8. Mme B fait valoir qu'elle se trouve sur le territoire métropolitain à compter de l'année 2015, sous couvert d'un titre de séjour temporaire pour motif médical délivré à Mayotte valable du 17 février 2015 au 16 février 2016 et qu'elle ne s'est trouvée en situation irrégulière qu'à compter du 22 mars 2017, date à laquelle le préfet de la Seine-et-Marne a refusé de renouveler son titre de séjour. Elle se prévaut par ailleurs d'un contrat à durée indéterminée conclu à compter du 5 février 2020 pour un emploi exercé dans le domaine de la restauration ainsi que de la validation des épreuves du code de la route et des démarches qu'elle a effectuées pour son inscription à l'examen du permis de conduire. Toutefois, alors que la continuité de son séjour en France entre les mois de mars 2017 et février 2020 n'est pas justifiée, l'intéressée, qui a fait l'objet d'une précédente mesure d'éloignement, n'établit pas être dépourvue d'attaches personnelles ou familiales dans son pays d'origine où, selon ses déclarations, demeure sa mère et où elle a résidé, à tout le moins, jusqu'à l'âge de vingt-six ans, alors qu'elle se trouve célibataire et sans charge de famille sur le territoire métropolitain. Par ailleurs, Mme B ne justifie pas du développement d'un réseau particulièrement dense de relations sociales en France. Dans ces conditions, compte tenu des conditions et de la durée du séjour sur le territoire de la requérante et malgré ses démarches entreprises pour s'y intégrer professionnellement, la préfète de la Haute-Vienne n'a pas porté à son droit au respect de sa vie privée et familiale une atteinte disproportionnée aux buts en vue desquels la décision l'obligeant à quitter le territoire français a été prise et n'a ainsi pas méconnu les stipulations de l'article 8 de la convention européenne de sauvegarde des droits de l'homme et des libertés fondamentales. Pour les mêmes motifs, la préfète n'a pas plus entaché cette décision d'une erreur manifeste dans l'appréciation de ses conséquences sur la situation personnelle de Mme B.

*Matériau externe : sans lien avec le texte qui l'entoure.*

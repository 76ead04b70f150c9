//! A file read in blocks from its beginning to its end.
ghost use Rattle.std.specs.Prelude.{true, ◌≡◌, ◌≤◌, ◌<◌, ◌+◌, List, ℕ, length, take, drop, OnOk};
ghost use Rattle.disk_core.specs.Contents.{Told};
ghost use Rattle.disk_core.specs.Moments.{IsQuiet};
ghost use Rattle.job_ledger.specs.Entries.{IsWindow, head_in};
ghost use Rattle.job_ledger.specs.Stops.{IsCaused, StopsByDevice};

use crate::LedgerStop;
use crate::entry::HEAD;
use crate::reading::read_into;
use disk_core::Disk;
use std::alloc::Global;

/// How many bytes are read at a time.
const BLOCK: u64 = 65536;

/// Bytes of a file from an offset on.
#[derive(Drop)]
pub(crate) struct Window {
    from: u64,
    bytes: Vec<u8>,
}

impl Window {
    /// No bytes. Takes no memory.
    pub(crate) fn new(alloc: Global) -> Window
        ensures { (file : List ℕ) → IsWindow result file }
    {
        Window {
            from: 0,
            bytes: Vec::new(alloc),
        }
    }

    /// Whether the head of a record at an offset is among the bytes.
    fn has_head(&self, at: u64) -> bool
        ensures { result ≡ true → (self.now.from ≤ at) × (at + 15 ≤ self.now.from + length self.now.bytes.items) }
    {
        at >= self.from
            && self.bytes.len() >= HEAD
            && at - self.from <= (self.bytes.len() - HEAD) as u64
    }

    /// Reads the block at an offset of a file of this size.
    fn fill<D: Disk>(&mut self, disk: &mut D, at: u64, size: u64) -> Result<(), LedgerStop>
        requires { at < size }
        ensures quiet { IsQuiet D.seen D.images D.moment D.since disk.old disk.new }
        ensures from { OnOk result (self.new.from ≡ at) }
        ensures block { OnOk result (Told (D.seen disk.old) (λ f. size ≡ length f → self.new.bytes.items ≡ take 65536 (drop at f))) }
        ensures stops { StopsByDevice result }
        ensures cause { IsCaused (D.faults disk.old) (D.faults disk.new) result }
    {
        read_into(disk, at, (size - at).min(BLOCK), &mut self.bytes)?;
        self.from = at;
        Ok(())
    }

    /// Makes the window hold the head of a record at an offset, all of it that the file has.
    pub(crate) fn reach<D: Disk>(
        &mut self,
        disk: &mut D,
        at: u64,
        size: u64,
    ) -> Result<(), LedgerStop>
        requires { at < size }
        ensures quiet { IsQuiet D.seen D.images D.moment D.since disk.old disk.new }
        ensures head { OnOk result (Told (D.seen disk.old) (λ f. size ≡ length f → IsWindow self.old f
            → IsWindow self.new f × (head_in self.new at ≡ take 15 (drop at f)))) }
        ensures stops { StopsByDevice result }
        ensures cause { IsCaused (D.faults disk.old) (D.faults disk.new) result }
    {
        if self.has_head(at) {
            return Ok(());
        }
        self.fill(disk, at, size)?;
        Ok(())
    }

    /// The bytes of the window from an offset on, at most as many as the head of a record has.
    pub(crate) fn head(&self, at: u64) -> &[u8]
        ensures { result.now ≡ head_in self.now at }
    {
        let start = at.saturating_sub(self.from).min(self.bytes.len() as u64) as usize;
        let end = (self.bytes.len() - start).min(HEAD) + start;
        &self.bytes[start..end]
    }
}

9. Il résulte de tout ce qui précède que Mme B n'est pas fondée à soutenir que c'est à tort que, par le jugement attaqué, la magistrate désignée par le président du tribunal administratif de Limoges a rejeté ses demandes. Il y a lieu de rejeter, par voie de conséquence, les conclusions à fin d'injonction et celles tendant à l'application des dispositions de l'article L. 761-1 du code de justice administrative.

DECIDE :

Article 1er : Il n'y a pas lieu de statuer sur les conclusions de Mme B tendant à l'admission au bénéfice de l'aide juridictionnelle à titre provisoire.

Article 2 : La requête de Mme B est rejetée.

Article 3 : Le présent arrêt sera notifié à Mme A B et au ministre de l'intérieur et des outre-mer.

Copie en sera adressée à la préfète de la Haute-Vienne.

Délibéré après l'audience du 8 novembre 2022 à laquelle siégeaient :

Mme Evelyne Balzamo, présidente,

Mme Bénédicte Martin, présidente-assesseure,

M. Michaël Kauffmann, premier conseiller,

Rendu public par mise à disposition au greffe le 29 novembre 2022.

Le rapporteur,

Michaël C La présidente,

Evelyne Balzamo

Le greffier,

Christophe Pelletier

La République mande et ordonne au ministre de l'intérieur et des outre-mer en ce qui le concerne, et à tous commissaires de justice à ce requis, en ce qui concerne les voies de droit commun contre les parties privées, de pourvoir à l'exécution du présent arrêt.